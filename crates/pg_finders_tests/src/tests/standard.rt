//! What `Standard` gives for each job.

use crate::tests::games::{EIGHT, EIGHT_ROWS, NINE, game, whole_copy};
use pg_dominion::Claim;
use pg_finders::{Copied, Finder, Found, Job, Standard};
use pg_game::Player;
use pg_test_support::{EVEN, ODD, Row, Vertex, check_eq, twice};
use std::alloc::Global;
use std::process::Abort;

/// The player and the rows of a claim.
type ExpectedClaim<'a> = (Player, &'a [Row]);

/// A job, whether it is given up, and the claims that are given.
type Case<'a> = (Job, bool, &'a [ExpectedClaim<'a>]);

fn assert_claim(rt: &impl Abort, claim: &Claim, want: Option<&ExpectedClaim>) {
    check_eq!(*rt; Some(&(claim.player, claim.rows.as_slice())), want);
}

fn assert_found(rt: &impl Abort, found: &Found, case: &Case) {
    let counts = (found.gave_up, found.claims.len());
    check_eq!(*rt; counts, (case.1, case.2.len()), case.0);
    let mut at = 0usize;
    for claim in found.claims.as_slice() {
        assert_claim(rt, claim, case.2.get(at));
        at = at.wrapping_add(1);
    }
}

fn assert_gives(rt: &impl Abort, alloc: Global, copied: &Copied, case: &Case) {
    let found = twice!(Standard.find(alloc, copied, &case.0)).expect(rt, "memory");
    assert_found(rt, &found, case);
}

/// The claims that are given for jobs on the game of these vertices.
fn assert_each(rt: &impl Abort, alloc: Global, vertices: &[Vertex], cases: &[Case]) {
    let game = game(rt, alloc, vertices);
    let copied = whole_copy(rt, alloc, &game);
    for case in cases {
        assert_gives(rt, alloc, &copied, case);
    }
}

// A search for Even with this many seeds: a constant may call no function.
macro_rules! small {
    ($first:expr, $count:expr, $bound:expr, $budget:expr) => {
        Job::Small {
            player: EVEN,
            first: $first,
            count: $count,
            bound: $bound,
            budget: $budget,
        }
    };
}

const ONE: &[Vertex] = &[(0, EVEN, &[0])];

const EVENS: ExpectedClaim = (EVEN, &[(0, Some(0))]);

const OF_ONE: &[Case] = &[
    (small!(0, 64, 9, 100), false, &[EVENS]),
    (small!(0, 64, 0, 100), false, &[]),
    (small!(1, 64, 1, 100), false, &[]),
    (small!(u32::MAX, u32::MAX, 1, 100), false, &[]),
];

const OF_EIGHT: &[Case] = &[(small!(0, 64, u32::MAX, 100), false, &[(EVEN, EIGHT_ROWS)])];

const OF_NINE: &[Case] = &[(small!(0, 64, 9, 100), false, &[])];

const FORCED: &[Vertex] = &[(0, ODD, &[1]), (2, EVEN, &[0])];

const NO_BUDGET: &[Case] = &[(small!(0, 64, 2, 0), true, &[])];

const ONE_OF_SEVEN: Vertex = (1, EVEN, &[5, 6, 7, 8, 9, 10, 11]);

const TWELVE: &[Vertex] = &[
    (2, EVEN, &[1]),
    (0, ODD, &[2, 3]),
    (1, EVEN, &[0, 2]),
    (0, EVEN, &[0]),
    (1, ODD, &[5, 6]),
    ONE_OF_SEVEN,
    ONE_OF_SEVEN,
    ONE_OF_SEVEN,
    ONE_OF_SEVEN,
    ONE_OF_SEVEN,
    ONE_OF_SEVEN,
    ONE_OF_SEVEN,
];

const FOUR: ExpectedClaim = (EVEN, &[(0, Some(1)), (1, None), (2, Some(0)), (3, Some(0))]);

/// A dominion of four vertices takes thousands of choices.
const OF_TWELVE: &[Case] = &[
    (small!(0, 64, 4, 2_159), false, &[FOUR]),
    (small!(0, 64, 4, 2_158), true, &[]),
    (small!(0, 64, 3, 692), false, &[]),
    (small!(0, 64, 3, 691), true, &[]),
    (small!(0, 64, 5, 5_687), false, &[FOUR]),
    (small!(0, 64, 5, 5_686), true, &[]),
];

const GAMES: &[(&[Vertex], &[Case])] = &[
    (ONE, OF_ONE),
    (EIGHT, OF_EIGHT),
    (NINE, OF_NINE),
    (FORCED, NO_BUDGET),
    (TWELVE, OF_TWELVE),
];

#[test]
fn small_jobs_take_any_seeds_and_bound_and_use_their_budget_after_a_refusal(rt: HostRuntime) {
    for case in GAMES {
        assert_each(&rt, rt.alloc(), case.0, case.1);
    }
}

TASK REQUIREMENTS: All lines from the opening of the records through the line where "type Case<'a> = (Job, bool, &'a" occurs are to be output verbatim. No other line belongs in the answer.

SOLUTION TO THIS EXERCISE:
filename crates/pg_finders_tests/src/tests/standard.rt
//! What `Standard` gives for each job.

use crate::tests::games::{EIGHT, EIGHT_ROWS, NINE, game, whole_copy};
use pg_dominion::Claim;
use pg_finders::{Copied, Finder, Found, Job, Standard};
use pg_game::Player;
use pg_test_support::{EVEN, ODD, Row, Vertex, check_eq, twice};
use std::alloc::Global;
use std::process::Abort;

/// The player and the rows of a claim.
type ExpectedClaim<'a> = (Player, &'a [Row]);

/// A job, whether it is given up, and the claims that are given.
type Case<'a> = (Job, bool, &'a [ExpectedClaim<'a>]);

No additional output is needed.